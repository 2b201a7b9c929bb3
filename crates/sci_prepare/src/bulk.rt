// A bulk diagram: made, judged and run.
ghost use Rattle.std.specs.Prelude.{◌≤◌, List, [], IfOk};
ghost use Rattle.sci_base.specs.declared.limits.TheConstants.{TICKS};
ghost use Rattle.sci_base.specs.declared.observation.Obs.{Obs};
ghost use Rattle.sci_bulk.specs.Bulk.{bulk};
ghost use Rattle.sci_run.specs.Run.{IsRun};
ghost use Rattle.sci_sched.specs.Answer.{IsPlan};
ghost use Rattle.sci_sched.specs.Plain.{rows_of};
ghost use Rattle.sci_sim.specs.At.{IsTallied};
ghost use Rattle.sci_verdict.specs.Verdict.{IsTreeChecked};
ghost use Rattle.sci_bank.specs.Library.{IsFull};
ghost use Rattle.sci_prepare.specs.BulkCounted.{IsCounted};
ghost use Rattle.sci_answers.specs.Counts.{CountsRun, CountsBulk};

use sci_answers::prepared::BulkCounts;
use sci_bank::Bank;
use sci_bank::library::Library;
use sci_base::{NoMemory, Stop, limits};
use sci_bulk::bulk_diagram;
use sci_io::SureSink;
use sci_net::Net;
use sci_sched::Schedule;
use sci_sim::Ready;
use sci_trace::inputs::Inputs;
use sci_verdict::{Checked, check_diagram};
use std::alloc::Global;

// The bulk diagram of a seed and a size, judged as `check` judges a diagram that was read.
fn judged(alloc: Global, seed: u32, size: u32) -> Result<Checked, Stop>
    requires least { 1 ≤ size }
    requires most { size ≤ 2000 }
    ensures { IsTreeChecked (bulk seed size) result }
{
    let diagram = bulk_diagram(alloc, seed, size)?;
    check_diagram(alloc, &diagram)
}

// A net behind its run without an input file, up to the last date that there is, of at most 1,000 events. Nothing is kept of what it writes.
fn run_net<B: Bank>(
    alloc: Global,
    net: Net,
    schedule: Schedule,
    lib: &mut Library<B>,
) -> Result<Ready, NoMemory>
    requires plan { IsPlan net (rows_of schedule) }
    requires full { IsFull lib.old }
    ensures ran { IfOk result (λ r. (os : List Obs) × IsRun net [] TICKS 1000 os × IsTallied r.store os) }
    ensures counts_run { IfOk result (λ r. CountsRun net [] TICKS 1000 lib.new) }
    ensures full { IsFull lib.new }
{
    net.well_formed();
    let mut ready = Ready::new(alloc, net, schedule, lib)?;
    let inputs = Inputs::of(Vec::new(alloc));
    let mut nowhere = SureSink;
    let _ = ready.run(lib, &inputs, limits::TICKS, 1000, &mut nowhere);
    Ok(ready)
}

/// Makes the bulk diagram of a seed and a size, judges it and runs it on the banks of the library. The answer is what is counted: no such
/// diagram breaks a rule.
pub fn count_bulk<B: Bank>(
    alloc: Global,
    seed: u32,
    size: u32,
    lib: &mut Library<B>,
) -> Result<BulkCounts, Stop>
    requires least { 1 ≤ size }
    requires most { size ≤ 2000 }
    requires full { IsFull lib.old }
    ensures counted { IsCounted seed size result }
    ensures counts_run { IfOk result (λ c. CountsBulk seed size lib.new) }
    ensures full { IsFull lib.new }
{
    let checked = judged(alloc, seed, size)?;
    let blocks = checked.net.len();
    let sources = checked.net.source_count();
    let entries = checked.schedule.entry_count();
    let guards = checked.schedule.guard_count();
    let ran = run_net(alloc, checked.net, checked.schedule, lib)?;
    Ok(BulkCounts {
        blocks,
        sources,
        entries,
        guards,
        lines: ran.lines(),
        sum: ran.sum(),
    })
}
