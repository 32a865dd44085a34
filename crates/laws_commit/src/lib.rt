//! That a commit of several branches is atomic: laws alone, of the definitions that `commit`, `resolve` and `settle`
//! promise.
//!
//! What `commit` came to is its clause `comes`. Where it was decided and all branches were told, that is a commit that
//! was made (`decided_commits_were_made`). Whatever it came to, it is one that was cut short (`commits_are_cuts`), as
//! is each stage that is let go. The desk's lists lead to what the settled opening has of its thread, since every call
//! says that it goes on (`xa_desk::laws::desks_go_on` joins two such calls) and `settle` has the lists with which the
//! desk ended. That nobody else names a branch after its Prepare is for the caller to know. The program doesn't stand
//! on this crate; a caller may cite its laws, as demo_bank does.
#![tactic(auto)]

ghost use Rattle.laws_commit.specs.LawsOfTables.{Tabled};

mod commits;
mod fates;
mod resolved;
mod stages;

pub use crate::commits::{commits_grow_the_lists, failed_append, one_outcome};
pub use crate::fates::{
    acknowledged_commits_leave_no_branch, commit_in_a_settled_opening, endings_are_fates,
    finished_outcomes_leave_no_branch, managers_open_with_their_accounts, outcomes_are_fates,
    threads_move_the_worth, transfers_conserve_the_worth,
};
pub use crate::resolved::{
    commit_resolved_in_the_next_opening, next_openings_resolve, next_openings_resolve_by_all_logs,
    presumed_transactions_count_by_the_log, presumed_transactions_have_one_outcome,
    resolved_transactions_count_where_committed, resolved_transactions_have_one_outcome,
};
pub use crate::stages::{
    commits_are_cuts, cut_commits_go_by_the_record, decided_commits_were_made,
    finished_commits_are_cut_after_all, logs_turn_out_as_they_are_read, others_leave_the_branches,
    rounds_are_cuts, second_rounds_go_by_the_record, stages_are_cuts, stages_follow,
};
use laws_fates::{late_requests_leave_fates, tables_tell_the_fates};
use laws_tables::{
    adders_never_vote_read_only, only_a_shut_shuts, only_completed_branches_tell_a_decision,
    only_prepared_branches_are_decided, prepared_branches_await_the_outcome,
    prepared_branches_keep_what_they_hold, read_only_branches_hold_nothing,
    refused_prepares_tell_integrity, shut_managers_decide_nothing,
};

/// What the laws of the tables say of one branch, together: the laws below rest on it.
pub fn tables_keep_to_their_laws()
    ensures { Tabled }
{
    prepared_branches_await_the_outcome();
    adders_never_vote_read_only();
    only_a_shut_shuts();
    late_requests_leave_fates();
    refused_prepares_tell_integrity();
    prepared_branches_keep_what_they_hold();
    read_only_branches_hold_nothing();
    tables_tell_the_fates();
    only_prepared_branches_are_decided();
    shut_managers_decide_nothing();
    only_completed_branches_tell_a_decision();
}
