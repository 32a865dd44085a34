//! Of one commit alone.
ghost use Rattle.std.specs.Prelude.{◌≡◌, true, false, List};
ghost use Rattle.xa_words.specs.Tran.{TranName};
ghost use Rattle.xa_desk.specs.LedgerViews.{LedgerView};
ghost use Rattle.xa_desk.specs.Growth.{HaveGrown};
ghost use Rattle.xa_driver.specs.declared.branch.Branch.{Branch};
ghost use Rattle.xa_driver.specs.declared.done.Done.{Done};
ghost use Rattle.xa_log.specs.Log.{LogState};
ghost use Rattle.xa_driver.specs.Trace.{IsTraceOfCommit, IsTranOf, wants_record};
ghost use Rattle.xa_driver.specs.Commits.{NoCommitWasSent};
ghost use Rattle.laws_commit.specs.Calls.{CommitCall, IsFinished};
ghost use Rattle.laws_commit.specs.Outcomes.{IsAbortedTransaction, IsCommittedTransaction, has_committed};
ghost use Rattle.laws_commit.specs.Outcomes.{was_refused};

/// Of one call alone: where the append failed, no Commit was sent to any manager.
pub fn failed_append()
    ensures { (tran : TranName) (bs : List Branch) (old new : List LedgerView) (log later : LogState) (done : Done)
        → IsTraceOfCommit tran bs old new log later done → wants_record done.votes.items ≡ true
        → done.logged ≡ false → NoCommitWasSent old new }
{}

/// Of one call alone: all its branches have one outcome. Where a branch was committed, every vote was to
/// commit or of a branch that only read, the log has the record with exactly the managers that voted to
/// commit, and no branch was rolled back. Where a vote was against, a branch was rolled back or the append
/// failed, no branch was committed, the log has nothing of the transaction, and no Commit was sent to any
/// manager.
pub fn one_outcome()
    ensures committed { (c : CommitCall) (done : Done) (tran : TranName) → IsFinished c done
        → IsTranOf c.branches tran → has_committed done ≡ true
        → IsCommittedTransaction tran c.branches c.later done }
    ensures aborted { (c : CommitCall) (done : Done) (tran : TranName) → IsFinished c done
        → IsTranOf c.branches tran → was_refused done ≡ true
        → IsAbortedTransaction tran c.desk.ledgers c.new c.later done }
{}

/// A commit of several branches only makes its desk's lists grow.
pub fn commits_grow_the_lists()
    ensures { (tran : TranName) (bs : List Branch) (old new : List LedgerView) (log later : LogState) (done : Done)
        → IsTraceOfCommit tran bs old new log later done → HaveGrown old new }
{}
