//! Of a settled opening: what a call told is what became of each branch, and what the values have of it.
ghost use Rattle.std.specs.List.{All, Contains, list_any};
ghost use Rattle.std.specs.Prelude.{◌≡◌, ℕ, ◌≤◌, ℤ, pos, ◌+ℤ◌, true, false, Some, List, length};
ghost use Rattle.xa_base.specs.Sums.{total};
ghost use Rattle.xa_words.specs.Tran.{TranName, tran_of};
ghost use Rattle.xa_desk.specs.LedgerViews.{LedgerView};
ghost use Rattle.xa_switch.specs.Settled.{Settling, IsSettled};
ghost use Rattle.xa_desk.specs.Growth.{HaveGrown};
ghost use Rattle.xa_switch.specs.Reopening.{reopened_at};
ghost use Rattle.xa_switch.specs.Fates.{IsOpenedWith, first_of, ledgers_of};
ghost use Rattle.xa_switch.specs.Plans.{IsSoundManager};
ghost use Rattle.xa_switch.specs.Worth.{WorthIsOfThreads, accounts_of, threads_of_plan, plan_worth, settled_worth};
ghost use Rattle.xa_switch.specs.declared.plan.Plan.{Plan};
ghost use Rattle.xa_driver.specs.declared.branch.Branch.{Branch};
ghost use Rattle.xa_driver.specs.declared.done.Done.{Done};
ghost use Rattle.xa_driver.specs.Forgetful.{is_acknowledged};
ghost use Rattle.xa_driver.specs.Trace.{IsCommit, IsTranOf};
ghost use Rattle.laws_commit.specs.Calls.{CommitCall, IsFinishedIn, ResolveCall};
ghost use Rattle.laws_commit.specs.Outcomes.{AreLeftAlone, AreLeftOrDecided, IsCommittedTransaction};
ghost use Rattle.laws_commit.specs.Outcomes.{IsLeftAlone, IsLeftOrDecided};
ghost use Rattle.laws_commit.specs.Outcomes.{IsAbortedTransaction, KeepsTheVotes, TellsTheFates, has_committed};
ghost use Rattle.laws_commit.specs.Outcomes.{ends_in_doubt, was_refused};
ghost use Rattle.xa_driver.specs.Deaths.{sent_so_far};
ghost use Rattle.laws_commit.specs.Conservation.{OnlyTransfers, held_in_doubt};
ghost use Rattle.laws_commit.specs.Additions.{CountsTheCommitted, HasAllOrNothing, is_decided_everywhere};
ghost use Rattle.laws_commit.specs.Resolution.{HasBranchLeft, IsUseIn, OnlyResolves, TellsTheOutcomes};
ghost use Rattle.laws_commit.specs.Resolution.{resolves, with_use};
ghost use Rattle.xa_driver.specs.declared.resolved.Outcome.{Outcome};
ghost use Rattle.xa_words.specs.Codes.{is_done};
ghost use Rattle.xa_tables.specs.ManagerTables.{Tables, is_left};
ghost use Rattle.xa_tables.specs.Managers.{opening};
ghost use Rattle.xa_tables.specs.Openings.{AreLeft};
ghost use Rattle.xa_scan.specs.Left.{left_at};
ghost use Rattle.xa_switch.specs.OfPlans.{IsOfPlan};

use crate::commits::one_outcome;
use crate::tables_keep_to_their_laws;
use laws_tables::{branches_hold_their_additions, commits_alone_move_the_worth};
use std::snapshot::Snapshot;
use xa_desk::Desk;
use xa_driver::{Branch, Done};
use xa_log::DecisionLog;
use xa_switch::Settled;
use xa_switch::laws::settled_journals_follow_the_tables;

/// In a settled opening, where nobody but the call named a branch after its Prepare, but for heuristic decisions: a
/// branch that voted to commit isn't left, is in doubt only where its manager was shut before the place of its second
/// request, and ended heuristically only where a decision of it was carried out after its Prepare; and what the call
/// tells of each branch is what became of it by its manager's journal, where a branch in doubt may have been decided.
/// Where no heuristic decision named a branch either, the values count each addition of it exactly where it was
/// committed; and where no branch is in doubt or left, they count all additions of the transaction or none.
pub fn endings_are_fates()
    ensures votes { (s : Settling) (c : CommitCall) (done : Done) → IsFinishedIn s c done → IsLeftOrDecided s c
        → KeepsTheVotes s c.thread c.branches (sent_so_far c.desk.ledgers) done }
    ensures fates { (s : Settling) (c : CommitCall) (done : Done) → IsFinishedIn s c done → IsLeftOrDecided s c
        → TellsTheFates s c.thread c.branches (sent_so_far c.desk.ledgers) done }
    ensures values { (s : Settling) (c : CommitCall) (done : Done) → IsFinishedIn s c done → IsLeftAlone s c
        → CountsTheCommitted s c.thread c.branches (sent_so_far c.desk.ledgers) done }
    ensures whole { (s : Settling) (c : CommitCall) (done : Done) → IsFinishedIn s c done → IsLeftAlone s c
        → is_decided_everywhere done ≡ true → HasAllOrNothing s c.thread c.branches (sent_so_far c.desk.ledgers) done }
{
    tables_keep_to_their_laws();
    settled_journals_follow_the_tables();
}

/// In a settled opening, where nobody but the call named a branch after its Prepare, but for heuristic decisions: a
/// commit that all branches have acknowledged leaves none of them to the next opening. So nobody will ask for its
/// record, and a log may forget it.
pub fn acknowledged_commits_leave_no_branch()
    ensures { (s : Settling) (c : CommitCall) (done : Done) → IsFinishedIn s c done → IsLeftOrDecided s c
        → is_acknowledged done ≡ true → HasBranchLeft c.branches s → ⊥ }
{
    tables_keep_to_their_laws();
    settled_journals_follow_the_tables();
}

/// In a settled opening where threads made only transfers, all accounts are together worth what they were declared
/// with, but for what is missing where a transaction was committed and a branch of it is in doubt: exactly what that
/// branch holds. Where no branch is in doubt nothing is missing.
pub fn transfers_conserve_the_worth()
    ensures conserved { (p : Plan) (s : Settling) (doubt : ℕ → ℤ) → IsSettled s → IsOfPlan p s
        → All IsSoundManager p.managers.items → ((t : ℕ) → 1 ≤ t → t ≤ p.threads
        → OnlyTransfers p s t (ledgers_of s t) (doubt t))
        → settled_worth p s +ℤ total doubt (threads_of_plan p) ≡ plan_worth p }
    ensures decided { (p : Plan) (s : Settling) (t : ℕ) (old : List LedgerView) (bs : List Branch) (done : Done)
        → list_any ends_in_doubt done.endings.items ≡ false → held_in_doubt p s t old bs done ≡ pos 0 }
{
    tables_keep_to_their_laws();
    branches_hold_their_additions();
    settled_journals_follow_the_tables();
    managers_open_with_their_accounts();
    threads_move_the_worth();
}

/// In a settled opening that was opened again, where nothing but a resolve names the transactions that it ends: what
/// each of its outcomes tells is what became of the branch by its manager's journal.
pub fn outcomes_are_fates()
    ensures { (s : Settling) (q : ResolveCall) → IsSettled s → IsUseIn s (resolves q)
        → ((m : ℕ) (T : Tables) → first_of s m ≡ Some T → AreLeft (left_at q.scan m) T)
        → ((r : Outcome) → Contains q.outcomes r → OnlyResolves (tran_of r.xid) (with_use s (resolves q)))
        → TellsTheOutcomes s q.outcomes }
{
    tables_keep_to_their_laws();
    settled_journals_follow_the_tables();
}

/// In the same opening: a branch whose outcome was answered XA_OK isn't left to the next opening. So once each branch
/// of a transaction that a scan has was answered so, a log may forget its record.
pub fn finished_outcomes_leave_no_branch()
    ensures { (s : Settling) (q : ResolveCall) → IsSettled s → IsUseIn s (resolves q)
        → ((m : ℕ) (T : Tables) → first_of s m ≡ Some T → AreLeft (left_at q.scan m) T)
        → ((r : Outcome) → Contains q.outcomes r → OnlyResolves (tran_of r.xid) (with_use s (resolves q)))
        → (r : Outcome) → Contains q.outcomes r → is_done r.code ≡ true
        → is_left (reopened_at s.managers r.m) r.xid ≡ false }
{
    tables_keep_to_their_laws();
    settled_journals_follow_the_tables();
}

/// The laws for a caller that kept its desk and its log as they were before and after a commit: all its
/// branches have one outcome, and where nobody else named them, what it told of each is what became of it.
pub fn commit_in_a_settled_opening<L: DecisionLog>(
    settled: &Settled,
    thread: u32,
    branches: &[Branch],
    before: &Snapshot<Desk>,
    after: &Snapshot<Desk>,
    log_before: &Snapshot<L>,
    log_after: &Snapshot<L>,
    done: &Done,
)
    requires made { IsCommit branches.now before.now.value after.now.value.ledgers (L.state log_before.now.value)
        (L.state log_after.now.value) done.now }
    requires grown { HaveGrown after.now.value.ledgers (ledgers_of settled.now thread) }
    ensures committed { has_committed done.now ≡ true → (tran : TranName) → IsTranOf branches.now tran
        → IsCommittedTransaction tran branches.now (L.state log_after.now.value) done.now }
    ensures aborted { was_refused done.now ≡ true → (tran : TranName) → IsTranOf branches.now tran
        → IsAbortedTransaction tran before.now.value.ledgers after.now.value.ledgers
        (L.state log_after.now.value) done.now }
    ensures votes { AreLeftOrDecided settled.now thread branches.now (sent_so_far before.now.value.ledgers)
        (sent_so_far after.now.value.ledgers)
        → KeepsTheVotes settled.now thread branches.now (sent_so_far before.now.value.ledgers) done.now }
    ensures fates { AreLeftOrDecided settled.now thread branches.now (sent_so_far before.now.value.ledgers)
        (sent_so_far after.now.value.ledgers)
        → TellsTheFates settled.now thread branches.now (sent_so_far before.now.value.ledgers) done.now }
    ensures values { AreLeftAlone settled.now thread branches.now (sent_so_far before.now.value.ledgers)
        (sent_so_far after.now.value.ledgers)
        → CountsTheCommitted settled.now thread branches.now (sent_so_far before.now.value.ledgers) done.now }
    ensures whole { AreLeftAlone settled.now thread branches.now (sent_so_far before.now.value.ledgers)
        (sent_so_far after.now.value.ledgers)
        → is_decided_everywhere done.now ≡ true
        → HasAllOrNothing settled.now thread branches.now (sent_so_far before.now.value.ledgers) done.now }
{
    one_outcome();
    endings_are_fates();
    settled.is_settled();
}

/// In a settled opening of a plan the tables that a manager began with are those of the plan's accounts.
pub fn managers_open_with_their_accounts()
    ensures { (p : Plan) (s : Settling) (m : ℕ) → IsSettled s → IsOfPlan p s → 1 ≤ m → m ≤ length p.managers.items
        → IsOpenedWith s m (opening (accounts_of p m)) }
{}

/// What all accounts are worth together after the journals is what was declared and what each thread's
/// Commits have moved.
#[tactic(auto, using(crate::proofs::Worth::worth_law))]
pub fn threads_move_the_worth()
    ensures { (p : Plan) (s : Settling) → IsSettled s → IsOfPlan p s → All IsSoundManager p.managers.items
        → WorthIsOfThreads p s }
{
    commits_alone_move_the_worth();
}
---
Directions —
Please filter the listing down to lines that include the word "Tabled".

Solved exercise —
ghost use Rattle.laws_commit.specs.LawsOfTables.{Tabled};
    ensures { Tabled }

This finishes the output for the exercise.